Abstract
Right at the first synapse in the mammalian retina, the stream of incoming visual information is split into
multiple parallel information channels, preprocessed in the retinal network and relayed to the brain via different types of retinal ganglion cells (RGCs). About 20 different morphological RGC types have been described, with each RGC population tiling the retinal surface with its dendritic arbors. Here, we simultaneously record from all RGC types at one retinal location to obtain a complete sample of the
information sent to the brain and to understand how the representation of spatio-temporal information in a local image patch is distributed across different RGC types. Here show that retinal ganglion cells can be clustered into functionally defined classes based on their Ca2+-responses to simple light stimuli. We recorded light-evoked Ca2+ activity at single-cell resolution from groups of more than 500 neighboring RGCs loaded with synthetic Ca2+ indicator dyes in whole-mounted mouse retina using two-photon (2P)

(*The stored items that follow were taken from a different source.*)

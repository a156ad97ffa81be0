//! Many numbers looked at at once: which have a bit that is 1, and which aren't like the next one.
ghost use Rattle.std.specs.Prelude.{◌≡◌, ℕ, ◌+◌, ◌<◌, ◌≤◌, ◌^◌, false, length, slice_index};
ghost use Rattle.vp_dots.specs.Dots.{bit};

use std::simd::Simd;
use std::simd::prelude::*;

/// Which of N numbers from number `from` on, the first by the lowest bit, have a bit that is 1.
#[inline(always)]
pub fn inked<const N: usize>(numbers: &[u32], from: usize) -> u64
    requires lanes { N ≤ 64 }
    requires within { from + N ≤ length numbers.now }
    ensures few { result < 2 ^ N }
    ensures white { (i : ℕ) → i < N → bit result i ≡ false → slice_index numbers.now (from + i) ≡ 0 }
{
    Simd::<u32, N>::from_slice(&numbers[from..])
        .simd_ne(Simd::splat(0))
        .to_bitmask()
}

/// Which of N numbers from number `from` on, the first by the lowest bit, aren't like the one behind it.
#[inline(always)]
pub fn edges<const N: usize>(numbers: &[u32], from: usize) -> u64
    requires lanes { N ≤ 64 }
    requires within { from + N < length numbers.now }
    ensures few { result < 2 ^ N }
    ensures alike { (i : ℕ) → i < N → bit result i ≡ false
        → slice_index numbers.now (from + i + 1) ≡ slice_index numbers.now (from + i) }
{
    let next = Simd::<u32, N>::from_slice(&numbers[from + 1..]);
    Simd::<u32, N>::from_slice(&numbers[from..])
        .simd_ne(next)
        .to_bitmask()
}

microscopy. We used a simple full-field light stimulus composed of luminance changes and a temporal frequency chirp. Over 80% of the cells responded reliably to the full field stimulus. Single cell activity patterns could be clustered into more than 15 functionally distinct types using a simple k-means algorithm, yielding about 40% ON cells, 25% ON/OFF and 15% OFF cells, in agreement with previous reports. In addition, presentation of spatially modulated stimuli such as moving bars and checker-boards
allowed us to quickly and reliably identify different previously described functional types such as direction
selective RGCs. We will further verify the functional clustering by morphological identification or patchclamp
recordings. This is possible because the imaged RGCs remain accessible to micro-electrodes and, thus, can be dye-filled for morphological identification or targeted for patch-clamp recordings, in contrast to multi-electrode recordings. We now aim to refine our battery of simple stimuli to be able to functionally cluster all >20 morphologically described RGCs in the mouse retina. Our approach allows us to create an inventory of all retinal ganglion cells present at a single retinal location. This local retinal “information fingerprint” should be very informative, not only for our understanding of neuronal
computations in the healthy retina, but also as a research tool for evaluating specific functional deficiencies in diseased or degenerating retinae.